**The problem:** For this exercise, please reproduce the records below word for word, from the first line through the line with "is that passes.".
Segment Start: Working data
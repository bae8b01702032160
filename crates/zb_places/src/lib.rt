//! Tokens in their scopes: where they stand, which have come to a node, and the first one taken away.
#![tactic(auto)]

mod coming;
mod flows;
mod meeting;
mod place;
mod standing;
mod taking;

pub use coming::{comes, has_come, joins, way_by};
pub use flows::are_on_each;
pub use meeting::met_by;
pub use place::{Place, SpotRef};
pub use standing::{first_at, has_token_in, stands, stands_coming};
pub use taking::{take_first, take_scope};
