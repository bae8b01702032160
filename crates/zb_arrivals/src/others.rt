// Rows in a list of their own, searched from the front.
ghost use Rattle.std.specs.Prelude.{◌≡◌, ◌==◌, OnOk, filter, map, position};
ghost use Rattle.std.specs.List.{find};
ghost use Rattle.std.specs.Option.{option_copied, option_map_or};
ghost use Rattle.zb_table.specs.Edits.{edited, without_first};
ghost use Rattle.zb_table.specs.Greatest.{greatest};
ghost use Rattle.zb_arrivals.specs.Newer.{newer_of};

use std::alloc::AllocError;
use zb_base::Key;
use zb_table::{Edit, Query, Row};

/// Whether a row has this key.
#[derive(Drop)]
pub struct HasKey {
    pub key: Key,
}

impl<R: Row> Query<R> for HasKey {
    ghost passes = { λ q r. R.key_in r == q.key };

    fn passes(&self, row: &R) -> bool {
        row.key() == self.key
    }
}

// Where the first row is that passes.
fn place_of<R: Row, Q: Query<R>>(query: &Q, rows: &[R]) -> Option<usize>
    ensures { result ≡ position (Q.passes query.now) rows.now }
{
    rows.iter().position(|row| query.passes(row))
}

/// The first row that passes.
pub fn first<'a, R: Row, Q: Query<R>>(query: &Q, rows: &'a [R]) -> Option<&'a R>
    ensures { option_copied result ≡ find (Q.passes query.now) rows.now }
{
    rows.iter().find(|row| query.passes(row))
}

/// Takes away the first row that passes, if one does. Those behind it move up.
pub fn remove_first<R: Row, Q: Query<R>>(query: &Q, rows: &mut Vec<R>)
    ensures { rows.new.items ≡ without_first (Q.passes query.now) rows.old.items }
{
    if let Some(place) = place_of(query, rows) {
        rows.remove(place);
    }
}

/// Edits the first row that passes, if one does. After a refusal the rows are only dropped.
pub fn edit<R: Row, Q: Query<R>, E: Edit<R>>(
    query: &Q,
    edit: E,
    rows: &mut Vec<R>,
) -> Result<(), AllocError>
    ensures { OnOk result (rows.new.items ≡ option_map_or (λ rows. rows) (edited (Q.passes query.now) (E.edits edit) rows.old.items) rows.old.items) }
{
    let Some(place) = place_of(query, rows) else {
        return Ok(());
    };
    let row = rows.remove(place);
    rows.insert(place, edit.edit(row)?)?;
    Ok(())
}

/// The greatest key of the rows that pass.
pub fn greatest<R: Row, Q: Query<R>>(query: &Q, rows: &[R]) -> Option<Key>
    ensures { result ≡ greatest (map R.key_in (filter (Q.passes query.now) rows.now)) }
{
    let mut best = None;
    for row in rows {
        if query.passes(row) {
            best = newer_of(best, Some(row.key()));
        }
    }
    best
}

/// The greater of two keys, as far as they are there.
pub fn newer_of(one: Option<Key>, other: Option<Key>) -> Option<Key>
    ensures { result ≡ newer_of one other }
{
    match (one, other) {
        (Some(key), Some(another)) => Some(if key < another { another } else { key }),
        (Some(key), None) => Some(key),
        (None, other) => other,
    }
}
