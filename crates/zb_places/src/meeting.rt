// Which tokens may enter a node at which flows join, once a token has come to it.
ghost use Rattle.std.specs.Prelude.{◌≡◌, ℕ, All, true, false, Some, OnOk, IfOk, filter};
ghost use Rattle.std.specs.Str.{bytes_eq};
ghost use Rattle.zb_groups.specs.declared.held.Held.{Held};
ghost use Rattle.zb_tokens.specs.declared.board.Token.{Token as TokenSeen};
ghost use Rattle.zb_tokens.specs.Board.{is_spot};
ghost use Rattle.zb_places.specs.Places.{comes_in, counts_for, first_there, held_tokens, is_kept, IsFirst, IsMetAt};

use crate::coming::{has_come, joins};
use crate::place::{Place, SpotRef};
use crate::standing::first_at;
use std::alloc::{AllocError, Global};
use zb_base::{Key, List};
use zb_graph::Graph;
use zb_groups::Groups;
use zb_tokens::{Spot, Token};

/// Of the tokens in the scope of one the numbers of those that are first at their spots, need it to enter their node, and
/// can; those at its own spot left out. Where flows join that it is on, it goes through these, and costs for each what
/// `first_at` does.
pub fn met_by(
    alloc: Global,
    model: &Graph,
    tokens: &Groups<Token>,
    token: &Token,
) -> Result<List<Key>, AllocError>
    ensures { IfOk result (λ met. (h : Held TokenSeen) → IsFirst tokens.now h → h.row.scope ≡ token.now.scope → is_spot h.row.spot token.now.spot ≡ false
        → counts_for model.now token.now.spot h.row ≡ true → comes_in model.now (held_tokens tokens.now) h.row ≡ true → is_kept met h.number ≡ true) }
{
    let mut met = List::empty(alloc);
    let scope = token.scope;
    match &token.spot {
        Spot::OnFlow(id) => meet_on(model, tokens, scope, id.as_str(), &mut met)?,
        // what is on a flow without an id counts as before its node
        Spot::BeforeNode(_) => {
            let spot = SpotRef::on("");
            meet(&Place { scope, spot }, tokens, &mut met)?;
        }
    }
    Ok(met)
}

// Adds the numbers of those that are met by one on a flow.
fn meet_on(
    model: &Graph,
    tokens: &Groups<Token>,
    scope: Key,
    id: &str,
    met: &mut List<Key>,
) -> Result<(), AllocError>
    ensures { OnOk result (All (λ f. IsMetAt model.now tokens.now scope f.to met.new) (filter (λ f. bytes_eq f.id id.now) model.now.flows)) }
{
    for number in model.flows_with(id) {
        meet_at(model, tokens, scope, model.flow(*number).to.as_str(), met)?;
    }
    Ok(())
}

// Where flows join at a node, and tokens have come to it: adds the number of the first token on each of the flows, and
// of the first before it.
fn meet_at(
    model: &Graph,
    tokens: &Groups<Token>,
    scope: Key,
    node: &str,
    met: &mut List<Key>,
) -> Result<(), AllocError>
    ensures here { OnOk result (IsMetAt model.now tokens.now scope node.now met.new) }
    ensures still { OnOk result ((number : ℕ) → is_kept met.old number ≡ true → is_kept met.new number ≡ true) }
{
    if !joins(model, node) || !has_come(model, tokens, scope, node, "") {
        return Ok(());
    }
    for number in model.ins_of(node) {
        let spot = SpotRef::on(model.flow(*number).id.as_str());
        meet(&Place { scope, spot }, tokens, met)?;
    }
    let spot = SpotRef::before(node);
    meet(&Place { scope, spot }, tokens, met)?;
    Ok(())
}

// Adds the number of the first token at a place, if there is one.
fn meet(place: &Place, tokens: &Groups<Token>, met: &mut List<Key>) -> Result<(), AllocError>
    ensures here { OnOk result ((h : Held TokenSeen) → first_there place.now.scope place.now.spot tokens.now ≡ Some h → is_kept met.new h.number ≡ true) }
    ensures still { OnOk result ((number : ℕ) → is_kept met.old number ≡ true → is_kept met.new number ≡ true) }
{
    match first_at(place, tokens) {
        Some(number) => met.push(number),
        None => Ok(()),
    }
}
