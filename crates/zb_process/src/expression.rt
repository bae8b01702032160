ghost use Rattle.zb_process.specs.Layouts as layouts;

mod reading;
mod writing;

use crate::Expr;
use reading::read_tree;
use std::alloc::{AllocError, Global};
use writing::write_tree;
use zb_format::{Cursor, Encoder, Format, ReadFault};

// How many levels an expression may have: 64 expressions stand around a leaf, and the leaf.
const LEVELS: u32 = 65;

#[tactic(auto, unfolding(crate::specs::Layouts::expression))]
impl Format for Expr {
    ghost layout = { layouts.expression };

    fn write(&self, encoder: &mut Encoder) -> Result<(), AllocError> {
        write_tree(self, encoder)
    }

    fn read(alloc: Global, cursor: &mut Cursor<'_>) -> Result<Expr, ReadFault> {
        read_tree(alloc, LEVELS, cursor)
    }
}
Segment End: Working data
**Solution to this exercise:**
repository bae8b01702032160
filename crates/zb_places/src/lib.rt
//! Tokens in their scopes: where they stand, which have come to a node, and the first one taken away.
#![tactic(auto)]

mod coming;
mod flows;
mod meeting;
mod place;
mod standing;
mod taking;

pub use coming::{comes, has_come, joins, way_by};
pub use flows::are_on_each;
pub use meeting::met_by;
pub use place::{Place, SpotRef};
pub use standing::{first_at, has_token_in, stands, stands_coming};
pub use taking::{take_first, take_scope};
repository bae8b01702032160
filename crates/zb_arrivals/src/others.rt
// Rows in a list of their own, searched from the front.
ghost use Rattle.std.specs.Prelude.{◌≡◌, ◌==◌, OnOk, filter, map, position};
ghost use Rattle.std.specs.List.{find};
ghost use Rattle.std.specs.Option.{option_copied, option_map_or};
ghost use Rattle.zb_table.specs.Edits.{edited, without_first};
ghost use Rattle.zb_table.specs.Greatest.{greatest};
ghost use Rattle.zb_arrivals.specs.Newer.{newer_of};

use std::alloc::AllocError;
use zb_base::Key;
use zb_table::{Edit, Query, Row};

/// Whether a row has this key.
#[derive(Drop)]
pub struct HasKey {
    pub key: Key,
}

impl<R: Row> Query<R> for HasKey {
    ghost passes = { λ q r. R.key_in r == q.key };

    fn passes(&self, row: &R) -> bool {
        row.key() == self.key
    }
}

// Where the first row is that passes.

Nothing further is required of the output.